Periodista implacable y polémico, narrador cautivante, novelista que ganó la indiferencia académica y el desdén de cierta crítica, pero abrumadoramente exitoso, sobrevive en la seguridad de que ya “no habrá más pena ni olvido” porque su “triste, solitario y final” no acongoja sino que lo resucita por cada página suya, agigantado.

Sobrevive y reina desde una sonrisa socarrona y el habano enarbolado en una mano, aunque él haya sucumbido en la guerra del tabaco, y porque los humos que le dictaron la sentencia jamás se le subieron a la cabeza, esa soberana redondez, cobija de sus ideas claras y nada vacilantes, por ejemplo, en la condena a la dictadura militar o en los oprobios que encontró en la historia no contada del Mayo inicial y revolucionario, cabeza o techo calvo brillante para guarecer tanto ingenio retratado en los diálogos desopilantes de los protagonistas de sus libros.

Todo eso porque, desinhibido y a todo riesgo, él mismo se había planteado desde el vamos su futuro de escritor diferente, mezclándose como protagonista junto al detective Philip Marlowe de su primera novela, tomado a préstamo de las de trama policial del reverenciado Raymond Chandler.

Cauteloso con los “mufas” y cabalero desde el paraíso de los gatos, como el pequeño maullador Pulqui de su infancia, pasando por el Negro Vení parisino –luego aporteñado– y la Chiruza, gata que daba el visto bueno a lo por él escrito sentándose sobre las nuevas carillas (o que reprobaba arañándolas), resultó un aprovechado observador durante la vida itinerante de la familia, siempre en pos de los destinos laborales de su padre. Desde la oceánica Mar del Plata de su nacimiento, la Cipolletti irrigada por acequias y goles cabeceados como centro delantero adolescente, y la serrana Tandil de la juventud, escenario de sus escarceos de cineasta nonato y periodista por entonces intermitente.

En la casa de Janville-Juine en las afueras de París que el Gordo no conoció y en donde ahora viven Catherine y Manuel, sobrevive Pirulín, uno de los tres gatos que compartieron los últimos días de Soriano en su casa de Palermo Viejo.

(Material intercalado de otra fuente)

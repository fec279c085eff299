// The order of a batch's rows moves neither a file's record nor a row's aligned time. There is no code here: specs/
// says what is supposed and claimed, proofs/ proves it.
#![tactic(auto)]
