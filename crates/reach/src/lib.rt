// One pass over the code: which registers escape or are dead, and which hand an address on to which.
#![tactic(auto)]

pub mod scan; // scan.rt: one pass over the instructions

// Where carrying keeps things in the work space, each region past the one before: rows of bits over the registers (those that escape, those that are dead, those
// seen), the one def and the first edge of each instruction, the edges, the first address entry of each local, the next of each entry, whether a local
// has a placed end, and the queue of a walk.
#[derive(Clone, Copy)]
pub struct Lay {
    pub escapes: usize,
    pub dead: usize,
    pub seen: usize,
    pub defs: usize,
    pub firsts: usize,
    pub edges: usize,
    pub heads: usize,
    pub nexts: usize,
    pub ended: usize,
    pub queue: usize,
}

Para él, que deambuló de chico con su familia por distintos confines del país y más tarde por el mundo, como periodista y luego como exiliado, ésta será su última mudanza para un descanso de sosegado entorno verde. Es cierto que los cementerios nunca le cayeron mal y solía recorrer el de Père-Lachaise, donde se inspiró para iniciar la trama de su imaginado espía Julio Carré, el protagonista de El ojo de la patria, que conocía de memoria el recorrido entre tumbas de famosos. Un Carré que saludaba a Oscar Wilde, le confesaba a Chopin que le habían robado sus discos y le pedía disculpas a Balzac por no haberlo leído jamás. Un Carré que vio construir su propia tumba y le pareció un lugar sereno y acogedor, como ahora le parecería a Soriano la suya.